//! What reaches a transport, and what it answers.
ghost use Rattle.std.specs.Prelude.{◌≡◌, ◌∷◌, [], IfOk};

use crate::quiet::Quiet;
use crate::workshop::{Held, Lock, Note, Options, event, options};
use sentry_base::protocol::{Envelope, EnvelopeItem, Refusal};
use sentry_engine::call::{Call, ClientCall};
use sentry_lock::{Client, CoreLock, SharedCore, Waiting};
use sentry_options::ClientOptions;
use sentry_plain::Boxed;
use sentry_transport::{
    BoxedTransport, NoOpTransport, Transport, TransportFactory, TransportOptions,
};
use std::alloc::{AllocError, Global};
use std::sync::Arc;
use std::test::Fail;

/// What a client answers to two flushes and a shutdown, and to one more flush and shutdown after that.
fn flush_and_close<L: CoreLock>(client: &Client<L>) -> Result<[bool; 5], Refusal> {
    Ok([
        client.flush(Some(7))?,
        client.flush(None)?,
        client.close(Some(9))?,
        client.flush(Some(1))?,
        client.close(Some(1))?,
    ])
}

#[test]
fn without_a_transport_flush_and_close_are_true(rt: HostRuntime) -> Result<(), Fail> {
    let alloc: Global = rt.alloc();
    let transport: Option<Arc<NoOpTransport>> = None;
    let held = Held::new(rt, alloc, options(alloc, false)?, transport)?;
    let answers = flush_and_close(&held.client)?;
    assert!(rt; answers == [true; 5]);
    assert!(rt; !held.client.is_enabled()?);
    Ok(())
}

#[test]
fn the_answers_of_a_shared_transport_are_handed_on(rt: HostRuntime) -> Result<(), Fail> {
    let alloc: Global = rt.alloc();
    let options = options(alloc, false)?.shutdown_timeout(5);
    let (held, notebook) = Held::noted(rt, alloc, options, false)?;
    let answers = flush_and_close(&held.client)?;
    // the slot of the client is empty once it was closed
    assert!(rt; answers == [false, false, false, true, true]);
    let expected = [Note::Flush(7), Note::Flush(5), Note::Shutdown(9)];
    assert!(rt; notebook.take(alloc).asked.as_slice() == expected.as_slice());
    Ok(())
}

/// An envelope of an event with the id of a number.
fn envelope(alloc: Global, number: u64) -> Result<Envelope, AllocError> {
    let mut envelope = Envelope::new(alloc);
    envelope.add_item(EnvelopeItem::Event(Boxed::new(alloc, event(alloc, number)?)?))?;
    Ok(envelope)
}

fn both<P: Drop, C: Drop>(
    alloc: Global,
    first: Call<P, C>,
    second: Call<P, C>,
) -> Result<Vec<Call<P, C>>, AllocError>
    ensures { IfOk result (λ both. both.items ≡ first ∷ second ∷ []) }
{
    Ok(vec![in alloc; first, second]?)
}

/// Sends an envelope with the number 1 and one with the number 2, by two calls in one hold of the lock.
fn send_both<L: CoreLock>(client: &Client<L>) -> Result<(), Refusal> {
    let alloc = client.core().allocator();
    let (first, second) = (envelope(alloc, 1)?, envelope(alloc, 2)?);
    let client_key = client.key();
    let first = Call::Client(ClientCall::SendEnvelope {
        client: client_key,
        envelope: first,
    });
    let second = Call::Client(ClientCall::SendEnvelope {
        client: client_key,
        envelope: second,
    });
    let calls = both(alloc, first, second)?;
    client.core().call_all(calls)
}

#[test]
fn a_list_of_calls_reaches_the_transport_in_order(rt: HostRuntime) -> Result<(), Fail> {
    let alloc: Global = rt.alloc();
    let (held, notebook) = Held::noted(rt, alloc, options(alloc, false)?, true)?;
    send_both(&held.client)?;
    let expected = [Note::Send(1), Note::Send(2)];
    assert!(rt; notebook.take(alloc).asked.as_slice() == expected.as_slice());
    Ok(())
}

/// Answers false to a flush, and leaves `shutdown` as it is.
#[derive(Drop)]
struct Stuck;

impl Transport for Stuck {
    fn send_envelope(&self, _envelope: Envelope) {}

    fn flush(&self, _timeout: u64) -> bool {
        false
    }
}

/// What a transport in a box answers to a flush and a shutdown.
fn answers(transport: BoxedTransport) -> [bool; 2] {
    [transport.flush(1), transport.shutdown(1)]
}

#[test]
fn a_shutdown_is_a_flush_unless_written(rt: HostRuntime) -> Result<(), Fail> {
    let stuck: BoxedTransport = Box::new(rt.alloc(), Stuck)?;
    assert_eq!(rt; answers(stuck), [false; 2]);
    let silent: BoxedTransport = Box::new(rt.alloc(), NoOpTransport)?;
    assert_eq!(rt; answers(silent), [true; 2]);
    Ok(())
}

/// Whether options have a recorder, and what a share of a transport that is made with them answers to a flush.
fn create(
    factory: &Arc<NoOpTransport>,
    options: TransportOptions,
) -> Result<(bool, bool), Refusal> {
    let has_recorder = options.client_report_recorder.is_some();
    let transport = factory.create_transport_with_options(options)?;
    Ok((has_recorder, transport.flush(1)))
}

/// The same of the options that the setup of a client gives for its transport, and whether it gives any a second time;
/// `None` if it gives none.
fn create_of<L: CoreLock>(
    core: &SharedCore<L>,
    options: ClientOptions<L::Callbacks>,
    factory: &Arc<NoOpTransport>,
) -> Result<Option<((bool, bool), bool)>, Refusal> {
    let mut setup = core.client_setup(options)?;
    let Some(made) = setup.transport_options()? else {
        return Ok(None);
    };
    let created = create(factory, made)?;
    Ok(Some((created, setup.transport_options()?.is_some())))
}

#[test]
fn a_setup_gives_the_options_of_its_transport_once(rt: HostRuntime) -> Result<(), Fail> {
    let alloc: Global = rt.alloc();
    let factory = Arc::new(alloc, NoOpTransport)?;
    let core: SharedCore<Lock<NoOpTransport, HostRuntime>> = SharedCore::new(
        Waiting(rt),
        alloc,
        1,
    )?;
    let created = create_of(&core, options(alloc, false)?, &factory)?;
    assert!(rt; created == Some(((true, true), false)));
    let bare = Options::with_callbacks(alloc, Quiet::new());
    assert!(rt; TransportOptions::try_from_client_options(&bare)?.is_none());
    assert!(rt; create_of(&core, bare, &factory)?.is_none());
    Ok(())
}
══════
__AIM OF THE TASK__:
Print exactly the lines of the listing above starting at the line containing "fn envelope(alloc: Global, number: u64)" and ending at the line containing "fn answers(transport: BoxedTransport)", both included.

__COMPLETED EXERCISE__:
fn envelope(alloc: Global, number: u64) -> Result<Envelope, AllocError> {
    let mut envelope = Envelope::new(alloc);
    envelope.add_item(EnvelopeItem::Event(Boxed::new(alloc, event(alloc, number)?)?))?;
    Ok(envelope)
}

fn both<P: Drop, C: Drop>(
    alloc: Global,
    first: Call<P, C>,
    second: Call<P, C>,
) -> Result<Vec<Call<P, C>>, AllocError>
    ensures { IfOk result (λ both. both.items ≡ first ∷ second ∷ []) }
{
    Ok(vec![in alloc; first, second]?)
}

/// Sends an envelope with the number 1 and one with the number 2, by two calls in one hold of the lock.
fn send_both<L: CoreLock>(client: &Client<L>) -> Result<(), Refusal> {
    let alloc = client.core().allocator();
    let (first, second) = (envelope(alloc, 1)?, envelope(alloc, 2)?);
    let client_key = client.key();
    let first = Call::Client(ClientCall::SendEnvelope {
        client: client_key,
        envelope: first,
    });
    let second = Call::Client(ClientCall::SendEnvelope {
        client: client_key,
        envelope: second,
    });
    let calls = both(alloc, first, second)?;
    client.core().call_all(calls)
}

#[test]
fn a_list_of_calls_reaches_the_transport_in_order(rt: HostRuntime) -> Result<(), Fail> {
    let alloc: Global = rt.alloc();
    let (held, notebook) = Held::noted(rt, alloc, options(alloc, false)?, true)?;
    send_both(&held.client)?;
    let expected = [Note::Send(1), Note::Send(2)];
    assert!(rt; notebook.take(alloc).asked.as_slice() == expected.as_slice());
    Ok(())
}

/// Answers false to a flush, and leaves `shutdown` as it is.
#[derive(Drop)]
struct Stuck;

impl Transport for Stuck {
    fn send_envelope(&self, _envelope: Envelope) {}

    fn flush(&self, _timeout: u64) -> bool {
        false
    }
}

/// What a transport in a box answers to a flush and a shutdown.
fn answers(transport: BoxedTransport) -> [bool; 2] {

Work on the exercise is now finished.